Iannaccone Martina, Titta Federica, Serretiello Enrica, De Vivo Giulia, Martin Antonio, Gentile Vittorio
Department of Biochemistry, Biophysics and General Pathology, Second University of Naples, via Costantinopoli 16, 80138 Naples, Italy.
Recent Pat CNS Drug Discov. 2013 Dec;8(3):235-42. doi: 10.2174/1574889808666131128105630.
Transglutaminases are ubiquitous enzymes which catalyze post-translational modifications of proteins. The main activity of these enzymes is the cross-linking of glutaminyl residues of a protein/peptide substrate to lysyl residues of a protein/peptide co-substrate. In addition to lysyl residues, other second nucleophilic co-substrates may include monoamines or polyamines (to form mono- or bi-substituted /crosslinked adducts) or -OH groups (to form ester linkages). In absence of co-substrates, the nucleophile may be water, resulting in the net deamidation of the glutaminyl residue. Transglutaminase activity has been suggested to be involved in molecular mechanisms responsible for both physiological or pathological processes. For example, neurodegenerative diseases, such as Alzheimer's Disease, Parkinson's Disease, supranuclear palsy, Huntington's Disease and other polyglutamine diseases, are characterized in part by aberrant cerebral transglutaminase activity and by increased cross-linked proteins in affected brains. This review focuses on the possible molecular mechanisms responsible for such diseases and on the possible therapeutic effects of selective transglutaminase inhibitors for patients with diseases characterized by aberrant transglutaminase activity. The article presents some promising patents on the transglutaminase activity.

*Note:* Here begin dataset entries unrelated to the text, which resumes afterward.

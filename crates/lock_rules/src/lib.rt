//! The contract of a basic lock: a queue lock that keeps one value and hands it to one holder at a time.
//!
//! A thread takes part by a pass. `Basic::begin` enters the queue, `poll` asks once whether the pass is its head and then takes the value
//! out, `begin_release` puts the value back and leaves the queue. Each of these calls makes a bounded number of atomic steps; only
//! `acquire` and `release` wait. What a token means (which lock and pass it is of, what its last load showed) stands in traits of the
//! tokens, so that no token names the type of a lock.
//!
//! For those who write a lock there are what its table's seats know (`View`), the tokens that all locks share (`Pass`, `Queue`, `Held`,
//! `Leave`), the key that its table is told (`Opening`), and how its words lie in lines (`specs/Rows`). The crate `lock_tables` has the
//! rule that stands on these.
#![tactic(auto)]

mod basic;
mod cargo;
mod departing;
mod held;
mod holder;
mod laws;
mod leave;
mod pauses;
mod payload;
mod plain;
mod step;
mod token;
mod tokens;
mod view;

pub use basic::Basic;
pub use cargo::Cargo;
pub use held::{Held, HeldSeat};
pub use laws::passes_are_shared;
pub use leave::Leave;
pub use pauses::Pauses;
pub use payload::Payload;
pub use plain::Plain;
pub use step::{Answer, Refused, Step};
pub use token::{Departing, Holding, Placed, Queueing};
pub use tokens::{Pass, Queue};
pub use view::{Algorithm, Opening, Phase, Tagged, View, Waiters};
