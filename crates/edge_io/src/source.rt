//! Where bytes come from.
ghost use Rattle.std.specs.Prelude.{◌≡◌, ◌≤◌, ◌<◌, ℕ, List, length, take, IfOk, OnOk, OnErr};
ghost use Rattle.std.specs.declared.option.Option.{Option};
ghost use Rattle.edge_io.specs.Counts.{Rose, RisesBy};
ghost use Rattle.edge_io.specs.Contents.{Loses, IsAtEnd};

use crate::Failed;

/// A source of bytes.
pub trait Source {
    /// The bytes still to come, where the source tells them.
    ghost left: { Self → Option (List ℕ) };

    /// How many bytes it has given so far.
    ghost given: { Self → ℕ };

    /// How many of its reads have failed.
    ghost faults: { Self → ℕ };

    /// Reads the next bytes into the front of `buf` and answers how many they are: 0 at the end, or for an empty
    /// `buf`. `Failed` where the read failed, which the source has counted.
    fn read(&mut self, buf: &mut [u8]) -> Result<usize, Failed>
        ensures bound { IfOk result (λ count. count ≤ length buf.new) }
        ensures bytes { IfOk result (λ count. Loses (left self.old) (left self.new) (take count buf.new)) }
        ensures given { IfOk result (λ count. RisesBy count (given self.old) (given self.new)) }
        ensures end { IfOk result (λ count. count ≡ 0 → 0 < length buf.old → IsAtEnd (left self.old)) }
        ensures calm { OnOk result (faults self.new ≡ faults self.old) }
        ensures failed { OnErr result (Rose (faults self.old) (faults self.new)) }
        ensures left_stays { OnErr result (left self.new ≡ left self.old) }
        ensures given_stays { OnErr result (given self.new ≡ given self.old) }
        ensures never_falls { faults self.old ≤ faults self.new };
}
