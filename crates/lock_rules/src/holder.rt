//! What the token of a holder means, how it is made of a seat, and the loan of its value.
ghost use Rattle.std.specs.Prelude.{◌≡◌, [], ◌∷◌, None, false};
ghost use Rattle.lock_rules.specs.Holders.{holder_of, with_value};
ghost use Rattle.lock_rules.specs.Rows.{IsRowOf};
ghost use Rattle.lock_rules.specs.Views.{IsPlain, mark_of};
ghost use Rattle.lock_rules.specs.declared.view.Phase.TheVariants.{Holding};

use crate::held::{Held, HeldSeat};
use crate::token::Holding;
use crate::view::View;
use atomic_table::Seat;

impl<V: Drop> Holding<V> for Held<V> {
    ghost holder = { holder_of };

    ghost put = { with_value };

    fn value(&self) -> &V {
        &self.value
    }

    fn value_mut(&mut self) -> &mut V {
        &mut self.value
    }
}

impl<V> Held<V> {
    /// The token of a seat that has taken the slot, with the value that was in it.
    pub fn of(seat: Seat<Option<V>, View>, value: V, mark: u64, predecessor: u64) -> Held<V>
        requires holds { seat.me.0.phase ≡ Holding }
        requires plain { IsPlain seat.me.0 }
        requires silent { seat.me.0.announced ≡ false }
        requires row { IsRowOf seat.me.0 seat.table_id }
        requires carries { seat.me.1 ≡ (0, None) ∷ [] }
        requires marked { mark ≡ mark_of seat.me.0 }
        requires behind { predecessor ≡ seat.me.0.predecessor }
        ensures seat { result.seat.seat ≡ seat }
        ensures value { result.value ≡ value }
        ensures marks { (result.seat.mark ≡ mark) × (result.seat.predecessor ≡ predecessor) }
    {
        let seat = HeldSeat {
            seat,
            mark,
            predecessor,
        };
        Held { seat, value }
    }

    /// The seat of the holder, its value, its mark and its predecessor.
    pub fn into_parts(self) -> (Seat<Option<V>, View>, V, u64, u64)
        ensures seat { result.0 ≡ self.seat.seat }
        ensures value { result.1 ≡ self.value }
        ensures marks { (result.2 ≡ self.seat.mark) × (result.3 ≡ self.seat.predecessor) }
    {
        let Held { seat, value } = self;
        let HeldSeat {
            seat,
            mark,
            predecessor,
        } = seat;
        (seat, value, mark, predecessor)
    }
}
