//! What the seats of a lock's table know, and what the table is told when it is made.
ghost use base.Fml.{ftrue};
ghost use Rattle.lock_rules.specs.Tag.{Tag, tag_code};

use crate::step::Answer;
use std::marker::Model;
use std::snapshot::Snapshot;

/// The algorithms of the four locks. A lock's name has its algorithm, so a token of one lock is never taken for a token of another.
#[derive(Clone, Copy, Drop)]
pub enum Algorithm {
    Ticket,
    Mcs,
    Clh,
    Hemlock,
}

/// How a lock learns of waiters: from its queue, or from a count of the passes that have begun and not yet taken, which a holder may see
/// before they are queued. A lock's name has its choice too.
#[derive(Clone, Copy, Drop)]
pub enum Waiters {
    Queue,
    Count,
}

/// Where a pass stands. A pass that is leaving has put the value back, and its lock still waits for the next pass.
pub enum Phase {
    Idle,
    Queued,
    Holding,
    Leaving,
}

/// A tag as views carry it. It has no bytes; no value of it is made.
pub struct Tagged {
    pub ghost tag: { Tag } by { tag_code },
}

impl Model for Tagged {
    ghost also_owns = { λ _. ftrue };
}

/// What a seat at the table of a lock knows. It exists in proofs alone, and no value of it is made.
///
/// One type serves all four locks, because each type that a token names is compared with all others where locks are nested: with a view,
/// and so a holder's token, of its own for each lock, a composition of a few levels is out of the checker's reach. A field that a lock
/// doesn't use stays as it was at the start. Words name a pass by its number plus 1, so that 0 names none.
pub struct View {
    /// Of all locks: which lock it is, how it learns of waiters, and how many passes it has. No step changes these.
    pub algorithm: Algorithm,
    pub waiters: Waiters,
    pub count: u64,
    /// Of all locks: the tag of the lock's value. No step changes it.
    pub tag: Tagged,
    /// Of all locks: the seat's own pass, the passes from `from` up to `to` that were not split off yet, and those that it took over by
    /// joining. A clause reads an array as a list, of any length.
    pub number: u64,
    pub from: u64,
    pub to: u64,
    pub joined: [u64; 0],
    /// Of all locks: the seat was joined into another.
    pub spent: bool,
    /// Of all locks: where the pass stands.
    pub phase: Phase,
    /// Of all locks: how many steps on words the view recorded.
    pub steps: u64,
    /// Of counted locks: the pass has raised the count of waiters, and not lowered it again.
    pub announced: bool,
    /// Of all locks: how many entering steps the view recorded, the additions of Ticket and the swaps of the others.
    pub entries: u64,
    /// Of all locks: how many loads the view recorded.
    pub loads: u64,
    /// Of all locks: the last load of a call that polls or releases showed the word that lets the pass go on.
    pub ready: bool,
    /// Of all locks: what the last load of `waiter` in this hold showed.
    pub tested: Answer,
    /// Of Ticket: the ticket that the last addition found.
    pub ticket: u64,
    /// Of CLH: the own node, and the nodes that were taken over by joining.
    pub node: u64,
    pub nodes: [u64; 0],
    /// Of MCS, CLH and Hemlock: the word that the last swap of the tail found, a pass or (CLH) a node. Hemlock's store of 0 sets it to 0.
    pub predecessor: u64,
    /// Of MCS: the own `next` was stored 0 for the swap to come.
    pub unlinked: bool,
    /// Of MCS and CLH: the own `locked` (CLH: flag) was stored 1 for the swap to come.
    pub raised: bool,
    /// Of MCS: the own link was stored in the predecessor's `next`.
    pub linked: bool,
    /// Of MCS: the word that the last load of the own `next` in this hold showed.
    pub successor: u64,
    /// Of MCS and Hemlock: an exchange of the tail found another pass behind.
    pub followed: bool,
    /// Of Hemlock: the pass took by its predecessor's grant and has not cleared it yet.
    pub owes: bool,
}

/// What the table of a lock is told when it is made: how many passes there are, how the lock learns of waiters, and the opening value, as
/// clauses see it.
#[derive(Drop)]
pub struct Opening<V> {
    pub passes: u32,
    pub waiters: Waiters,
    pub value: Snapshot<V>,
}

转谷氨酰胺酶是一类广泛存在的酶,可催化蛋白质的翻译后修饰。这些酶的主要活性是将蛋白质/肽底物的谷氨酰胺残基与蛋白质/肽共底物的赖氨酸残基交联。除赖氨酸残基外,其他第二亲核共底物可能包括单胺或多胺(形成单取代或双取代/交联加合物)或-OH基团(形成酯键)。在没有共底物的情况下,亲核试剂可能是水,导致谷氨酰胺残基的净脱酰胺作用。转谷氨酰胺酶活性被认为参与了生理或病理过程的分子机制。例如,神经退行性疾病,如阿尔茨海默病、帕金森病、核上性麻痹、亨廷顿病和其他多聚谷氨酰胺疾病,部分特征是大脑中转谷氨酰胺酶活性异常以及受影响大脑中交联蛋白增加。本综述重点关注此类疾病可能的分子机制以及选择性转谷氨酰胺酶抑制剂对转谷氨酰胺酶活性异常疾病患者可能的治疗效果。本文介绍了一些关于转谷氨酰胺酶活性的有前景的专利。